ABOUT THIS EXERCISE → For each line below that contains the word "AreSounded", return that line.
BEGIN MATERIAL PROVIDED
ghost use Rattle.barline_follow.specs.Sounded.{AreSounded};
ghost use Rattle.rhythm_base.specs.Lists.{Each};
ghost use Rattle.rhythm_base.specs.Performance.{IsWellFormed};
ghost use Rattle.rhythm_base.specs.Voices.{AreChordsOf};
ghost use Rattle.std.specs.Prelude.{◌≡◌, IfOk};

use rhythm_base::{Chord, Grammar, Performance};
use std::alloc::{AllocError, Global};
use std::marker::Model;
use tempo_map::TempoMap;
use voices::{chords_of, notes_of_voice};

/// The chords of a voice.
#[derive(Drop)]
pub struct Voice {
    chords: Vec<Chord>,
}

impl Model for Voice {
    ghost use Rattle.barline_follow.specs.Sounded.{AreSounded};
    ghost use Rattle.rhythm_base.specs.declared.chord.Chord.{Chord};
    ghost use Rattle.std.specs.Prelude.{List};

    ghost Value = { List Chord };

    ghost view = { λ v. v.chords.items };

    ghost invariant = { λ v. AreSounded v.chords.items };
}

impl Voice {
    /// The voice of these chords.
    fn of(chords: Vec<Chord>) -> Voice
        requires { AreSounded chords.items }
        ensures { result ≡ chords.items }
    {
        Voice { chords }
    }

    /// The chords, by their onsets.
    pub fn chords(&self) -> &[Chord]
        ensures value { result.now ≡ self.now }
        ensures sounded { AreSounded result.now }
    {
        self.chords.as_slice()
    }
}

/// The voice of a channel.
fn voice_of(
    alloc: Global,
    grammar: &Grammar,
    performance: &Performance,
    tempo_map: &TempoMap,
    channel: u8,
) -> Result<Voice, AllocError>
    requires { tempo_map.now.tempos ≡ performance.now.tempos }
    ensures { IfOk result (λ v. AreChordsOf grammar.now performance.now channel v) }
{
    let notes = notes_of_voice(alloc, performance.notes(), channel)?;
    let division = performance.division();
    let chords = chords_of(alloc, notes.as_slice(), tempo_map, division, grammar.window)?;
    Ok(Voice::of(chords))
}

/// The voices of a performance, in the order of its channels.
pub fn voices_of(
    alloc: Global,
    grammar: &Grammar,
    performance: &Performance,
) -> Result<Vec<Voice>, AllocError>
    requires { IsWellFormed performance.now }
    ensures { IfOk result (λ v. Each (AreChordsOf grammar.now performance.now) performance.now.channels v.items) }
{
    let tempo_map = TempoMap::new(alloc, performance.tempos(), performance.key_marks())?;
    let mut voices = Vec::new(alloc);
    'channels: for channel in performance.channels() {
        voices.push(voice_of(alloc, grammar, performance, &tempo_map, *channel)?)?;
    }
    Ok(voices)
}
END MATERIAL PROVIDED
BEGIN MATERIAL PROVIDED
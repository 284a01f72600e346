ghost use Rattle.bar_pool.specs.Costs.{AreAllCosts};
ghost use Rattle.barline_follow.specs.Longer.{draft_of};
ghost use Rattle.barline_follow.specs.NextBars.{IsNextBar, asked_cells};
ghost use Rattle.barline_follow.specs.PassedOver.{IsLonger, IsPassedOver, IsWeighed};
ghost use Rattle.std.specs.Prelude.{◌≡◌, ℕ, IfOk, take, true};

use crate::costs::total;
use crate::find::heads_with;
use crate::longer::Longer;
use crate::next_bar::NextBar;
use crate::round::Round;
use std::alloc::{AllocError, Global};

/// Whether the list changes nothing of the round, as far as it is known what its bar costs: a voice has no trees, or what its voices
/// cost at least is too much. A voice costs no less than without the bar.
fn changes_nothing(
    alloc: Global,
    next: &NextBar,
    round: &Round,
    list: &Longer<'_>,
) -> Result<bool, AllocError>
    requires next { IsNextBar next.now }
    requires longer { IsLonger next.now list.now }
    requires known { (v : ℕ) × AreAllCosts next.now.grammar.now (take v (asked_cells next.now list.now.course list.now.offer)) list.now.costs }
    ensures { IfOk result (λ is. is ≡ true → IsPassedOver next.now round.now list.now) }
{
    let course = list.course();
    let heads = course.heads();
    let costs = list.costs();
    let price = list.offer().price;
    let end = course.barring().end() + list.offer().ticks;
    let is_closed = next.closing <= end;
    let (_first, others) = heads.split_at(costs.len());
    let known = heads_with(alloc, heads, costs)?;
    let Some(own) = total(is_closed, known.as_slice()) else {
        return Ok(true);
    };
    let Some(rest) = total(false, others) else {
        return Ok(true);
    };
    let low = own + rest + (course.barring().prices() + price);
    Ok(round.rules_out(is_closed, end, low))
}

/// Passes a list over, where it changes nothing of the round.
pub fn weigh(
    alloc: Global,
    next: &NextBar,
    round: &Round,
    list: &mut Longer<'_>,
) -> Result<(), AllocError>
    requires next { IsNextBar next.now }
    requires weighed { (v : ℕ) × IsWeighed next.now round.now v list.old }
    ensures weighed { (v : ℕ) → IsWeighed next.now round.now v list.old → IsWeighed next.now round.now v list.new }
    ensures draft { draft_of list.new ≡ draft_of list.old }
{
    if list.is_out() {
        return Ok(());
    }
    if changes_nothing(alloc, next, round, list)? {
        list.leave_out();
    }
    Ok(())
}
END MATERIAL PROVIDED
RESPONSE →
ghost use Rattle.barline_follow.specs.Sounded.{AreSounded};
    ghost use Rattle.barline_follow.specs.Sounded.{AreSounded};
    ghost invariant = { λ v. AreSounded v.chords.items };
        requires { AreSounded chords.items }
        ensures sounded { AreSounded result.now }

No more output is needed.